私はずっと、良い人でいようとしていた。怒らない。責めない。相手の事情を考える。波風を立てない。良い人でいれば、いつか大切にされると、どこかで思っていたのかもしれない。
でも、良い人でいるためにリーナを寒い部屋へ戻すなら、それは守ることではない。
「明日、私はジェラルドを父親として失格だと証言します」
カイ辺境伯の目が静かに私を見る。
「本気か」
「はい。あの子の父親を奪う女だと言われても、構いません。父親という言葉があの子を雪の温室へ連れて行くなら、その言葉からあの子を離します」
廊下のランプが、風もないのに揺れたように見えた。
カイ辺境伯は、ゆっくり頷いた。
「その証言は重い。だが、必要だ」
「閣下は、隣にいてくださいますか」
「契約上も、個人的にも」
個人的にも。
その言葉を、私はすぐには受け取れなかった。けれど、胸の奥に小さな暖かさが残った。
翌朝、緊急審理が開かれた。
私は証言台に立ち、温室での出来事を話した。呼び鈴の音。赤い糸。リーナの咳。ジェラルドの「父親だ」という言葉。
そして、最後に言った。
「リーナには、父親の名より安全な呼吸が必要です。ジェラルド・アルヴェルト公爵の単独後見と面会権の即時停止を求めます」
ジェラルドが叫んだ。
私は振り返らなかった。
良い人だと思われることを、私はその場で捨てた。
代わりに、リーナが眠る部屋へ戻る道を守った。
緊急裁定は、その日の夕方に出た。
ジェラルドの面会権停止。リーナの保護継続。公爵家関係者の接触禁止。ジェラルド本人の拘束継続。

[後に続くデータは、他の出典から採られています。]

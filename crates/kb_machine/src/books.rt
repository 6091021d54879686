//! The books of accounts, by name.
ghost use Rattle.std.specs.Prelude.{◌≡◌, ◌<◌, ◌^◌, [], length, option_copied, IsSome, IfOk, OnOk, OnErr};
ghost use Rattle.std.specs.Prelude.{None, map, List, ℕ};
ghost use Rattle.std.specs.List.{AllPairs};
ghost use Rattle.std.specs.FinMap.{find, put};
ghost use Rattle.kb_sharing.specs.Keys.{by_words};
ghost use Rattle.kb_book.specs.Books.{BookValue, Keyed};

use kb_account::{Book, Next};
use kb_base::NoMemory;
use kb_book::Answer;
use kb_days::Name;
use std::alloc::Global;
use std::collections::BTreeMap;
use std::marker::Model;

/// The books of accounts. Contracts see them as a list by name.
#[derive(Drop)]
pub struct Books {
    by_name: BTreeMap<Name, Book>,
}

impl Model for Books {
    ghost use Rattle.kb_book.specs.Books.{BookValue, Keyed};

    ghost Value = { Keyed BookValue };

    ghost view = { λ books. books.by_name.entries };
}

impl Books {
    /// No book.
    pub fn new(alloc: Global) -> Books
        ensures { result ≡ [] }
    {
        Books {
            by_name: BTreeMap::new(alloc),
        }
    }

    /// How many accounts there are.
    pub fn len(&self) -> usize
        ensures count { result ≡ length self.now }
        ensures small { result < 2 ^ 63 }
    {
        self.by_name.len()
    }

    /// The book of an account, if it is there.
    #[tactic(auto, using(crate::proofs::NamedBooks::lookup_find))]
    pub fn get(&self, account: &Name) -> Option<&Book>
        ensures { option_copied result ≡ find by_words account.now self.now }
    {
        self.by_name.get(account)
    }

    /// Adds the book of an account, or takes the place of the one before. Out of memory, the books are as
    /// they were.
    #[tactic(auto, using(crate::proofs::NamedBooks::insert_put))]
    pub fn insert(&mut self, account: Name, book: Book) -> Result<(), NoMemory>
        ensures ok { OnOk result (self.new ≡ put by_words account book self.old) }
        ensures err { OnErr result (self.new ≡ self.old) }
    {
        match self.by_name.insert(account, book) {
            Ok(_) => Ok(()),
            Err(_) => Err(NoMemory),
        }
    }

    /// Takes out the book that was added for a new account.
    pub fn remove(&mut self, account: &Name)
        ensures { (before : Keyed BookValue) (book : BookValue) → find by_words account.now before ≡ None
            → self.old ≡ put by_words account.now book before → self.new ≡ before }
    {
        let _book = self.by_name.remove(account);
    }

    /// The names of the accounts, in their order. None is there twice.
    pub fn names(&self, alloc: Global) -> Result<Vec<Name>, NoMemory>
        ensures names { IfOk result (λ names. names.items ≡ map (λ entry. entry.0) self.now) }
        ensures apart { IfOk result (λ names. AllPairs (λ (one other : List ℕ). one ≡ other → ⊥)
            names.items) }
    {
        let mut names = Vec::with_capacity(alloc, self.len())?;
        for name in self.by_name.keys() {
            names.push(*name)?;
        }
        Ok(names)
    }

    /// Takes what the book of an account prepared, and gives its answer. It takes no memory.
    #[tactic(auto, using(crate::proofs::NamedBooks::lookup_find, crate::proofs::NamedBooks::written_book))]
    pub fn commit(&mut self, account: &Name, next: Next) -> Answer
        requires there { IsSome (find by_words account.now self.old) }
        ensures book { self.new ≡ put by_words account.now next.book self.old }
        ensures answer { result ≡ next.answer }
    {
        let book = self.by_name.get_mut(account).unwrap();
        book.commit(next)
    }
}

控室へ戻ると、リーナは熱でぼんやりしながらも、私を見ると少し笑った。
「できたこと、書いた?」
「これから書きます」
私は体温表の下に、一行を足した。
リーナ、鈴を鳴らして助けを呼んだ。
その下に、もう一行。
エリシア、良い人でいることをやめた。
リーナがそれを見て、不思議そうに聞いた。
「悪い人になるの?」
「いいえ。あなたを守る人になります」
リーナは安心したように目を閉じた。
それで十分だった。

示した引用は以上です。